In a significant boost to the national economy, remittance inflows to Bangladesh have witnessed a dramatic spike in the lead-up to the national elections. According to the latest figures released by the Bangladesh Bank, expatriate income recorded during the first 28 days of January 2026 has soared to $2.94 billion. This represents a staggering 50.6% increase compared to the same period in the previous year, when inflows stood at $1.95 billion.
Election Spending Drives Financial Influx
Financial analysts and senior banking officials suggest that while remittances typically peak during religious festivals such as Eid, the current surge is intrinsically linked to the upcoming polls. Industry insiders note that substantial funds are being funnelled into the country to cover the escalating costs of electioneering. In many instances, international fundraising efforts for various candidates are being channelled back to Bangladesh under the guise of formal remittances. This trend is expected to persist until the conclusion of the electoral process.
Fiscal Year Performance and Reserve Stability
The current fiscal year (FY 2025-26) has shown remarkable resilience. From July 2025 to late January 2026, the country received $19.21 billion in total remittances, marking a 22% rise over the $15.73 billion recorded during the equivalent period in the previous fiscal year.
The robust flow of foreign currency has played a pivotal role in stabilising the foreign exchange reserves. After hitting a peak of $48 billion in 2021, reserves faced a sharp decline, bottoming out at approximately $25.58 billion during the political transition in August 2024. However, the tide has turned; reserves have now climbed back to $32.26 billion.

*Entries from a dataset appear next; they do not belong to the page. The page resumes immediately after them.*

//! Which headers packets have, by the protocols of docs/PACKETS.md and IANA's registry "Protocol
//! Numbers".

ghost use Rattle.std.specs.Prelude.{◌≡◌, [], ◌∷◌, true, false, None, Some};
ghost use Rattle.ep_packet.specs.declared.addresses.Addresses.TheVariants.{V4};
ghost use Rattle.header_descriptions.specs.declared.protocol.Protocol.TheVariants as protocol;
ghost use Rattle.packets.specs.Examples.{back_ends, headers_over, ipv4_ends, ipv6_ends, no_headers};
ghost use Rattle.packets.specs.Headers.{has_header, net_addresses, net_number};
ghost use Rattle.packets.specs.declared.outline.Net.TheVariants as net;

/// A TCP segment over IPv4 in an Ethernet frame.
pub fn headers_over_ipv4()
    ensures ethernet { has_header (headers_over ipv4_ends 6) protocol.Ethernet ≡ true }
    ensures ipv4 { has_header (headers_over ipv4_ends 6) protocol.Ipv4 ≡ true }
    ensures tcp { has_header (headers_over ipv4_ends 6) (protocol.OverIp (record { 0 = 6 }))
        ≡ true }
    ensures others { (has_header (headers_over ipv4_ends 6) protocol.Vlan ≡ false)
        × (has_header (headers_over ipv4_ends 6) protocol.Macsec ≡ false)
        × (has_header (headers_over ipv4_ends 6) protocol.Arp ≡ false)
        × (has_header (headers_over ipv4_ends 6) protocol.Ipv6 ≡ false)
        × (has_header (headers_over ipv4_ends 6) (protocol.OverIp (record { 0 = 4 })) ≡ false)
        × (has_header (headers_over ipv4_ends 6) (protocol.OverIp (record { 0 = 17 })) ≡ false) }
{}

/// An ICMPv6 message, number 58, over IPv6 in a VLAN after MACsec, captured on another link.
pub fn headers_over_ipv6()
    ensures tags { (has_header (record (headers_over ipv6_ends 58) {
      ethernet = false;
      vlan = true;
    }) protocol.Vlan ≡ true)
        × (has_header (record (headers_over ipv6_ends 58) { macsec = true }) protocol.Macsec
        ≡ true) }
    ensures captured { has_header (record (headers_over ipv6_ends 58) {
      ethernet = false;
      vlan = true;
    }) protocol.Ethernet ≡ false }
    ensures ipv6 { has_header (headers_over ipv6_ends 58) protocol.Ipv6 ≡ true }
    ensures icmpv6 { has_header (headers_over ipv6_ends 58) (protocol.OverIp (record { 0 = 58 }))
        ≡ true }
    ensures others { (has_header (headers_over ipv6_ends 58) protocol.Ipv4 ≡ false)
        × (has_header (headers_over ipv6_ends 58) protocol.Arp ≡ false)
        × (has_header (headers_over ipv6_ends 58) (protocol.OverIp (record { 0 = 41 })) ≡ false)
        × (has_header (headers_over ipv6_ends 58) (protocol.OverIp (record { 0 = 1 })) ≡ false) }
{}

/// An ARP packet has no protocol over IP, and so has a frame of none that is read.
pub fn headers_without_ip()
    ensures arp { has_header (record no_headers { net = Some net.Arp }) protocol.Arp ≡ true }
    ensures no_ip { (has_header (record no_headers { net = Some net.Arp }) protocol.Ipv4 ≡ false)
        × (has_header (record no_headers { net = Some net.Arp }) protocol.Ipv6 ≡ false)
        × (has_header (record no_headers { net = Some net.Arp })
        (protocol.OverIp (record { 0 = 0 })) ≡ false) }
    ensures none { (has_header no_headers protocol.Arp ≡ false)
        × (has_header no_headers protocol.Ipv4 ≡ false)
        × (has_header no_headers protocol.Ipv6 ≡ false)
        × (has_header no_headers (protocol.OverIp (record { 0 = 0 })) ≡ false) }
{}

/// The addresses of IP packets, the source first, and the number of the protocol they carry. An ARP
/// packet has none of an IP header.
pub fn addresses_and_numbers()
    ensures ipv4 { (net_addresses (headers_over ipv4_ends 6).net ≡ Some ipv4_ends)
        × (net_addresses (headers_over back_ends 17).net
        ≡ Some (V4 (10 ∷ 0 ∷ 0 ∷ 2 ∷ []) (10 ∷ 0 ∷ 0 ∷ 1 ∷ []))) }
    ensures ipv6 { net_addresses (headers_over ipv6_ends 58).net ≡ Some ipv6_ends }
    ensures number { net_number (headers_over ipv6_ends 58).net ≡ Some (record { 0 = 58 }) }
    ensures arp { (net_addresses (Some net.Arp) ≡ None) × (net_number (Some net.Arp) ≡ None) }
    ensures none { (net_addresses None ≡ None) × (net_number None ≡ None) }
{}
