//! Checksums of IPv4 headers: one that is right by hand, and the same with a byte changed.

ghost use Rattle.std.specs.Prelude.{◌≡◌, [], ◌∷◌, true, false, None, Some, Ok, Err};
ghost use Rattle.checksum_verdicts.specs.declared.verdict.Verdict.TheVariants as verdict;
ghost use Rattle.ep_packet.specs.declared.err.packet.slice_error.SliceError.TheVariants as fault;
ghost use Rattle.ep_packet.specs.declared.sliced_packet.SlicedPacket.{SlicedPacket};
ghost use Rattle.ep_tcpudp.specs.declared.err.tcp.header_error.HeaderError.TheVariants as tcp;
ghost use Rattle.packets.specs.HeaderVerdict.{header_verdict, sum_verdict};

/// A datagram of 115 bytes from 192.168.0.1 to 192.168.0.199: the words but for the checksum sum to
/// 0x2479c, with the carry 0x479e, whose complement is 0xb861 (RFC 1071, section 1).
pub fn checksums_of_headers()
    ensures right { sum_verdict (0x45 ∷ 0 ∷ 0 ∷ 0x73 ∷ 0 ∷ 0 ∷ 0x40 ∷ 0 ∷ 0x40 ∷ 0x11 ∷ 0xb8 ∷ 0x61 ∷ 0xc0
        ∷ 0xa8 ∷ 0 ∷ 1 ∷ 0xc0 ∷ 0xa8 ∷ 0 ∷ 0xc7 ∷ []) ≡ verdict.Good }
    ensures wrong { sum_verdict (0x45 ∷ 0 ∷ 0 ∷ 0x73 ∷ 0 ∷ 0 ∷ 0x40 ∷ 0 ∷ 0x3f ∷ 0x11 ∷ 0xb8 ∷ 0x61 ∷ 0xc0
        ∷ 0xa8 ∷ 0 ∷ 1 ∷ 0xc0 ∷ 0xa8 ∷ 0 ∷ 0xc7 ∷ []) ≡ verdict.Bad }
    ensures absent { (layers : SlicedPacket) → layers.net ≡ None
        → (header_verdict true (Ok layers) ≡ None) × (header_verdict false (Ok layers) ≡ None) }
    ensures refused { header_verdict true (Err (fault.Tcp (tcp.DataOffsetTooSmall 4))) ≡ None }
{}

| Period | Remittance Inflow (USD) | Status/Context |
| January 2026 (First 28 days) | $2.94 Billion | Pre-election surge |
| December 2025 | $3.22 Billion | Peak monthly inflow |
| November 2025 | $2.89 Billion | Steady growth |
| July 2025 | $2.48 Billion | Fiscal year start |
| Full Year 2025 | $32.82 Billion | Annual total |
Currency Market Impact
The influx of dollars has successfully mitigated the acute greenback crisis that plagued the banking sector last year. During the height of the scarcity, the US Dollar reached a record high of 128 BDT. With the central bank actively purchasing dollars from commercial banks to bolster reserves, the market has stabilised. Currently, the exchange rate is hovering comfortably between 122 and 123 BDT, providing much-needed relief to importers and easing inflationary pressures.
The central bank remains optimistic that if this momentum continues, the national economy will enter the post-election period on a significantly stronger financial footing.